**DIRECTIONS FOR THIS TASK**
Every entry must be duplicated word for word.

(Records drawn from a dataset)
▬▬▬▬▬▬
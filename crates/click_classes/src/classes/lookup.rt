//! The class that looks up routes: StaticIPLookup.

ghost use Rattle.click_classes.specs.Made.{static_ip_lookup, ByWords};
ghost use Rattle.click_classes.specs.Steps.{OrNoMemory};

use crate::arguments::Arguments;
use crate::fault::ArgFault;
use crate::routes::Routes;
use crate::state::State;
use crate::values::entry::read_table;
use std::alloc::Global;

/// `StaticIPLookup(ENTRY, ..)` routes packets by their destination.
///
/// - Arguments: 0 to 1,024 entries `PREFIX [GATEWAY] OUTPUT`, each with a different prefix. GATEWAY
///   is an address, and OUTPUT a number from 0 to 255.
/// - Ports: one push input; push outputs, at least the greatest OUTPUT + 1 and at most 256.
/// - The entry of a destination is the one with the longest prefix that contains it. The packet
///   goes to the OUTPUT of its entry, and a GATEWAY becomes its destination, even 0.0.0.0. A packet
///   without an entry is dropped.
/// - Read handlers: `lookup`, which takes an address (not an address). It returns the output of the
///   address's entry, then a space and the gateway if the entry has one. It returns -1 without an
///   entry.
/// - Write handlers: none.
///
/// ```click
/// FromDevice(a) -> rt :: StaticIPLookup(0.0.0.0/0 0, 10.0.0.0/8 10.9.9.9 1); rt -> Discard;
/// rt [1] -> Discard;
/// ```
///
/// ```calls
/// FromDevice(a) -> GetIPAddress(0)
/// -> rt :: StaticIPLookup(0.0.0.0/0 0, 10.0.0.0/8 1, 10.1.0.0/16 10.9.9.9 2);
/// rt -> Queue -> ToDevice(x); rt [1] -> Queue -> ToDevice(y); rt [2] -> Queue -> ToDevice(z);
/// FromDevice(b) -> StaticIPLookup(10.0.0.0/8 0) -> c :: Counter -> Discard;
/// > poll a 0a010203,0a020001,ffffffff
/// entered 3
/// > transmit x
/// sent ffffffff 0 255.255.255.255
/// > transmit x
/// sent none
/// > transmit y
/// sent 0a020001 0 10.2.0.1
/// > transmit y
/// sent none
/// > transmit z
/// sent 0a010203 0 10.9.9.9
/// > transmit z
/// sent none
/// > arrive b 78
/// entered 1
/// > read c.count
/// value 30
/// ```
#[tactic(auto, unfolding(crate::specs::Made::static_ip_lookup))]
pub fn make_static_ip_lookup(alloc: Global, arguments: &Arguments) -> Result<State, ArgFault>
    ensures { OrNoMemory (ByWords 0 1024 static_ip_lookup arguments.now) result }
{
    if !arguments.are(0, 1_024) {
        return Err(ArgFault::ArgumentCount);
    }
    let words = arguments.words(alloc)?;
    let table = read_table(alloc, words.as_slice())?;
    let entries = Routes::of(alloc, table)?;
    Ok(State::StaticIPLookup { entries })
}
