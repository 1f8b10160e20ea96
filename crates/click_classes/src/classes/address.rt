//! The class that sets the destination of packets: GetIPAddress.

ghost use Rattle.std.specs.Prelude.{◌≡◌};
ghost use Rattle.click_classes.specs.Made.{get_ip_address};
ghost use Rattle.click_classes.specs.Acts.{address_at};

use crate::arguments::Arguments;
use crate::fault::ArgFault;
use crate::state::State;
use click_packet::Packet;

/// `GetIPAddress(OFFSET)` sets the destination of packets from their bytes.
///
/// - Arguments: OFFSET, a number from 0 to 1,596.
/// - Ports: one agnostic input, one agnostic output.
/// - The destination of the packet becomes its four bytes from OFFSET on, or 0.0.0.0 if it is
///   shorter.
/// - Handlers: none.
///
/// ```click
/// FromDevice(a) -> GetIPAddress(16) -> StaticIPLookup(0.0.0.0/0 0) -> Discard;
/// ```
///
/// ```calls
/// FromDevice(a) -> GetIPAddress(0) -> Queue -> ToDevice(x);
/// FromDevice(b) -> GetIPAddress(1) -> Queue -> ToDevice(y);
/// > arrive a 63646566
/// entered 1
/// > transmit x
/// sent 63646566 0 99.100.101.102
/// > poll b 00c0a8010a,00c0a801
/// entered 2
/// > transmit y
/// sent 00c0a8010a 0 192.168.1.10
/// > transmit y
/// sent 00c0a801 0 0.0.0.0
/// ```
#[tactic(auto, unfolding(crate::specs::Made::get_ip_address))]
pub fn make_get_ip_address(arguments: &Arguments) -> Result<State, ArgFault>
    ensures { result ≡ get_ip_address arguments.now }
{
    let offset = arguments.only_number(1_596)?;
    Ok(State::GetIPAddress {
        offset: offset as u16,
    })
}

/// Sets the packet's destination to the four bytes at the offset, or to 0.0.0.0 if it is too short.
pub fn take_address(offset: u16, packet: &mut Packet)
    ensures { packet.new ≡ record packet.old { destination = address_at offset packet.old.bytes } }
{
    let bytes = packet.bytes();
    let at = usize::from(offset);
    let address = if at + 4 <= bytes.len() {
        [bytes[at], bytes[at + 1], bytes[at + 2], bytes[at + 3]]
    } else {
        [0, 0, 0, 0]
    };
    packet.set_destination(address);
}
▬▬▬▬▬▬
**REPLY TO THE TASK**
filename crates/click_classes/src/classes/lookup.rt
//! The class that looks up routes: StaticIPLookup.

ghost use Rattle.click_classes.specs.Made.{static_ip_lookup, ByWords};
ghost use Rattle.click_classes.specs.Steps.{OrNoMemory};

use crate::arguments::Arguments;
use crate::fault::ArgFault;
use crate::routes::Routes;
use crate::state::State;
use crate::values::entry::read_table;
use std::alloc::Global;

/// `StaticIPLookup(ENTRY, ..)` routes packets by their destination.
///
/// - Arguments: 0 to 1,024 entries `PREFIX [GATEWAY] OUTPUT`, each with a different prefix. GATEWAY
///   is an address, and OUTPUT a number from 0 to 255.
/// - Ports: one push input; push outputs, at least the greatest OUTPUT + 1 and at most 256.
/// - The entry of a destination is the one with the longest prefix that contains it. The packet
///   goes to the OUTPUT of its entry, and a GATEWAY becomes its destination, even 0.0.0.0. A packet
///   without an entry is dropped.
/// - Read handlers: `lookup`, which takes an address (not an address). It returns the output of the
///   address's entry, then a space and the gateway if the entry has one. It returns -1 without an
///   entry.
/// - Write handlers: none.
///
/// ```click
/// FromDevice(a) -> rt :: StaticIPLookup(0.0.0.0/0 0, 10.0.0.0/8 10.9.9.9 1); rt -> Discard;
/// rt [1] -> Discard;
/// ```
///
/// ```calls
/// FromDevice(a) -> GetIPAddress(0)
/// -> rt :: StaticIPLookup(0.0.0.0/0 0, 10.0.0.0/8 1, 10.1.0.0/16 10.9.9.9 2);
/// rt -> Queue -> ToDevice(x); rt [1] -> Queue -> ToDevice(y); rt [2] -> Queue -> ToDevice(z);
/// FromDevice(b) -> StaticIPLookup(10.0.0.0/8 0) -> c :: Counter -> Discard;
/// > poll a 0a010203,0a020001,ffffffff
/// entered 3
/// > transmit x
/// sent ffffffff 0 255.255.255.255
/// > transmit x
/// sent none
/// > transmit y
/// sent 0a020001 0 10.2.0.1
/// > transmit y
/// sent none
/// > transmit z
/// sent 0a010203 0 10.9.9.9
/// > transmit z
/// sent none
/// > arrive b 78
/// entered 1
/// > read c.count
/// value 30
/// ```
#[tactic(auto, unfolding(crate::specs::Made::static_ip_lookup))]
pub fn make_static_ip_lookup(alloc: Global, arguments: &Arguments) -> Result<State, ArgFault>
    ensures { OrNoMemory (ByWords 0 1024 static_ip_lookup arguments.now) result }
{
    if !arguments.are(0, 1_024) {
        return Err(ArgFault::ArgumentCount);
    }
    let words = arguments.words(alloc)?;
    let table = read_table(alloc, words.as_slice())?;
    let entries = Routes::of(alloc, table)?;
    Ok(State::StaticIPLookup { entries })
}
repository 1f8b10160e20ea96
filename crates/click_classes/src/classes/address.rt
//! The class that sets the destination of packets: GetIPAddress.

ghost use Rattle.std.specs.Prelude.{◌≡◌};
ghost use Rattle.click_classes.specs.Made.{get_ip_address};
ghost use Rattle.click_classes.specs.Acts.{address_at};

use crate::arguments::Arguments;
use crate::fault::ArgFault;
use crate::state::State;
use click_packet::Packet;

/// `GetIPAddress(OFFSET)` sets the destination of packets from their bytes.
///
/// - Arguments: OFFSET, a number from 0 to 1,596.
/// - Ports: one agnostic input, one agnostic output.
/// - The destination of the packet becomes its four bytes from OFFSET on, or 0.0.0.0 if it is
///   shorter.
/// - Handlers: none.
///
/// ```click
/// FromDevice(a) -> GetIPAddress(16) -> StaticIPLookup(0.0.0.0/0 0) -> Discard;
/// ```
///
/// ```calls
/// FromDevice(a) -> GetIPAddress(0) -> Queue -> ToDevice(x);
/// FromDevice(b) -> GetIPAddress(1) -> Queue -> ToDevice(y);
/// > arrive a 63646566
/// entered 1
/// > transmit x
/// sent 63646566 0 99.100.101.102
/// > poll b 00c0a8010a,00c0a801
/// entered 2
/// > transmit y
/// sent 00c0a8010a 0 192.168.1.10
/// > transmit y
/// sent 00c0a801 0 0.0.0.0
/// ```
#[tactic(auto, unfolding(crate::specs::Made::get_ip_address))]
pub fn make_get_ip_address(arguments: &Arguments) -> Result<State, ArgFault>
    ensures { result ≡ get_ip_address arguments.now }
{
    let offset = arguments.only_number(1_596)?;
    Ok(State::GetIPAddress {
        offset: offset as u16,
    })
}

/// Sets the packet's destination to the four bytes at the offset, or to 0.0.0.0 if it is too short.
pub fn take_address(offset: u16, packet: &mut Packet)
    ensures { packet.new ≡ record packet.old { destination = address_at offset packet.old.bytes } }
{
    let bytes = packet.bytes();
    let at = usize::from(offset);
    let address = if at + 4 <= bytes.len() {
        [bytes[at], bytes[at + 1], bytes[at + 2], bytes[at + 3]]
    } else {
        [0, 0, 0, 0]
    };
    packet.set_destination(address);
}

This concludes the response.